Литта слушала плохо. Все присматривалась к своему соседу и соображала, кто бы это мог быть. Так одетых людей — не то «по-мещански», не то богато по-мужицки — она уже встречала в салоне бабушки. Блестящие сапоги бутылками, синяя шелковая рубаха. Не стар — лет тридцать, тридцать пять. Голова острая, яйцом; и оттого, что черные волосы плоско ложатся все от темени вниз, вниз, и растут низко, — голова кажется в черной монашеской скуфейке. Мужицкий нос, — дулей. Складки на щеках, складки над переносицей. От складок лицо — не поймешь, скорбное ли очень, лукавое ли очень. Надвое. Порою мужичок с усилием морщил нос, особенно сжимая, складывая губы, и «скорбность» сильнее проступала; но забывался, поглаживая длинную, редковатую, кустиками растущую бороду, — и вновь лукаво и хитро змеились складки на лице, выдвигались вперед мокрые, мягкие губы. Вот он поднял на Литту глаза. И они надвое: мутные — и яркие, серо-голубые, оловянные — и усмехающиеся.
Тихо протянул он черноватые пальцы и дотронулся до розы, приколотой к Литтиному поясу. Роза уже успела поблекнуть, и два листа упали на пол.
— Что это у тебя, беленькая, а? Розочка? Опадает уж. А люблю я цветочки. Небось, и ты любишь?
Он сказал так тихо, — при общем говоре слышала его только Литта. Смутилась от неожиданности. И в ту же секунду поняла. Выбранила себя за рассеянность, за недогадливость. Да ведь это Федька Растекай! Тот самый, о котором так много она слышала, который бывал и раньше у графини, — только без нее. Вот он, значит, какой.
Невольно улыбаясь, с любопытством глядела на него, забыла ответить.
— Что же сокол-то наш ясный нынче молчит да сзаду прячется? — продолжал между тем Федька и дернул головой влево.
— Вы молчите, так уж мне и Бог велел, — услышала Литта ровный голос Сменцева позади себя.

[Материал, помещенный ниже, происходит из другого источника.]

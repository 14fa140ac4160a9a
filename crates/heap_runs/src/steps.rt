//! The steps of a client's call: turns of the arenas, and asks of their boxes.
ghost use Rattle.std.specs.Prelude.{◌≡◌, ◌<◌, ℕ, Option, None, false};
ghost use Rattle.call_plan.specs.Calls.{moment_at, named_call};
ghost use Rattle.call_plan.specs.Needs.{IsGiving, NeedIs};
ghost use Rattle.call_plan.specs.Reads.{ended_by};
ghost use Rattle.deeds.specs.Dids.{HasBox, asks_next};
ghost use Rattle.heap_runs.specs.Heaps.{IsCtxOf, Ran, Rests, Stands, Steps, shelf_id};

use crate::heaps::{Ctx, SharedHeap};
use call_plan::{Answered, Call, Item, Need, Turn};
use deeds::Doing;
use hook_api::{ExtentHooks, SharedShelf};
use space_model::Ask;
use std::alloc::{AllocError as NoMemory, Global};
use std::sync::Wait;

impl SharedHeap {
    /// The turn that a call wants, of its client's pass there. Where the turn finds no memory the call has ended. The box that the
    /// turn told comes back, or the one given where it found no memory.
    fn turn<R: Wait, H: ExtentHooks>(
        &self,
        rt: &R,
        alloc: Global,
        shelf: &SharedShelf<H>,
        ctx: &mut Ctx,
        call: &mut Call,
        turn: Turn,
        box_no: u32,
    ) -> u32
        requires box_no { box_no < 32 }
        requires ctx { IsCtxOf (shelf_id shelf.now) self.now ctx.old }
        requires stands { Stands self.now ctx.old call.old }
        requires needs { NeedIs call.old.client call.old.stage.arena (named_call ctx.old.desk.facts call.old).stage.next (Need.Turn turn) }
        ensures box_no { result < 32 }
        ensures ctx { IsCtxOf (shelf_id shelf.now) self.now ctx.new }
        ensures stands { Stands self.now ctx.new call.new }
        ensures steps { (last : Option (ℕ × ℕ)) → Steps shelf.now self.now ctx.old ctx.new (moment_at call.old ctx.old.desk.facts) last (moment_at call.new ctx.new.desk.facts) result }
    {
        let arena = turn.arena as usize;
        let doing = Doing {
            op: turn.op,
            asked: *call.heard(),
        };
        match self.locks[arena].turn(rt, &mut ctx.passes[arena], doing) {
            Ok(told) => {
                call.next(alloc, &mut ctx.desk, Item::Replied(&told.reply));
                told.box_no
            }
            Err(NoMemory) => {
                call.next(alloc, &mut ctx.desk, Item::Starved);
                box_no
            }
        }
    }

    /// The ask that a call wants, of the box that its last turn told.
    fn ask<R: Wait, H: ExtentHooks>(
        &self,
        rt: &R,
        alloc: Global,
        shelf: &SharedShelf<H>,
        ctx: &mut Ctx,
        call: &mut Call,
        ask: Ask,
        box_no: u32,
    )
        requires box_no { box_no < 32 }
        requires ctx { IsCtxOf (shelf_id shelf.now) self.now ctx.old }
        requires stands { Stands self.now ctx.old call.old }
        requires needs { NeedIs call.old.client call.old.stage.arena (named_call ctx.old.desk.facts call.old).stage.next (Need.Ask call.old.stage.arena ask) }
        ensures ctx { IsCtxOf (shelf_id shelf.now) self.now ctx.new }
        ensures stands { Stands self.now ctx.new call.new }
        ensures steps { (last : Option (ℕ × ℕ)) → HasBox (named_call ctx.old.desk.facts call.old).stage last box_no → Steps shelf.now self.now ctx.old ctx.new (moment_at call.old ctx.old.desk.facts) last (moment_at call.new ctx.new.desk.facts) box_no }
    {
        let asked = shelf.ask(rt, &mut ctx.seat, box_no, ask);
        call.next(alloc, &mut ctx.desk, Item::Told(&asked));
    }

    /// There is no memory to name the regions that a call gives back next, and it has ended.
    fn starve<H: ExtentHooks>(
        &self,
        alloc: Global,
        shelf: &SharedShelf<H>,
        ctx: &mut Ctx,
        call: &mut Call,
        box_no: u32,
    )
        requires ctx { IsCtxOf (shelf_id shelf.now) self.now ctx.old }
        requires stands { Stands self.now ctx.old call.old }
        requires starves { IsGiving (named_call ctx.old.desk.facts call.old).stage.next }
        ensures ctx { IsCtxOf (shelf_id shelf.now) self.now ctx.new }
        ensures stands { Stands self.now ctx.new call.new }
        ensures steps { (last : Option (ℕ × ℕ)) → Steps shelf.now self.now ctx.old ctx.new (moment_at call.old ctx.old.desk.facts) last (moment_at call.new ctx.new.desk.facts) box_no }
    {
        call.next(alloc, &mut ctx.desk, Item::Starved);
    }

    /// What a call wants next: a turn, or an ask. The box that the last turn told comes back.
    fn step<R: Wait, H: ExtentHooks>(
        &self,
        rt: &R,
        alloc: Global,
        shelf: &SharedShelf<H>,
        ctx: &mut Ctx,
        call: &mut Call,
        box_no: u32,
    ) -> u32
        requires box_no { box_no < 32 }
        requires ctx { IsCtxOf (shelf_id shelf.now) self.now ctx.old }
        requires stands { Stands self.now ctx.old call.old }
        requires open { ended_by call.old.stage.next ≡ None }
        ensures box_no { result < 32 }
        ensures ctx { IsCtxOf (shelf_id shelf.now) self.now ctx.new }
        ensures stands { Stands self.now ctx.new call.new }
        ensures steps { (last : Option (ℕ × ℕ)) → HasBox (named_call ctx.old.desk.facts call.old).stage last box_no → Steps shelf.now self.now ctx.old ctx.new (moment_at call.old ctx.old.desk.facts) last (moment_at call.new ctx.new.desk.facts) result }
    {
        let mut need = Need::Starved;
        call.put_need(alloc, &ctx.desk, &mut need);
        match need {
            Need::Turn(turn) => self.turn(rt, alloc, shelf, ctx, call, turn, box_no),
            Need::Ask { ask, .. } => {
                self.ask(rt, alloc, shelf, ctx, call, ask, box_no);
                box_no
            }
            Need::Starved => {
                self.starve(alloc, shelf, ctx, call, box_no);
                box_no
            }
            Need::Done(_) => unreachable!(),
        }
    }

    /// Carries an open call on until it has its answer.
    pub(crate) fn run<R: Wait, H: ExtentHooks>(
        &self,
        rt: &R,
        alloc: Global,
        shelf: &SharedShelf<H>,
        ctx: &mut Ctx,
        mut call: Call,
    ) -> Answered
        requires ctx { IsCtxOf (shelf_id shelf.now) self.now ctx.old }
        requires stands { Stands self.now ctx.old call }
        requires turns { asks_next (named_call ctx.old.desk.facts call).stage.next ≡ false }
        ensures ctx { IsCtxOf (shelf_id shelf.now) self.now ctx.new }
        ensures rests { Rests self.now ctx.new }
        ensures ran { Ran shelf.now self.now ctx.old ctx.new (moment_at call ctx.old.desk.facts) result }
    {
        let mut box_no = 0;
        for _ in rt.forever() {
            if let Some(answer) = call.answer() {
                return *answer;
            }
            box_no = self.step(rt, alloc, shelf, ctx, &mut call, box_no);
        }
        unreachable!()
    }
}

Обернулась. Да, он. Незаметно вошел во время разговора и сидел теперь в тени, за креслом княгини Александры Андреевны. Только что полушепотом они обменялись несколькими фразами.
— Я — что ж? Я человек маленький, куда уж мне в такие резолюции вступаться, — прищурился Федька и погладил шелк своей рубашки. — Да постойте; помолчу-помолчу, а потом и поговорю.
Он произнес это уж совсем громко, и тотчас же случилось, что спорящие замолчали, внимание обратилось на него.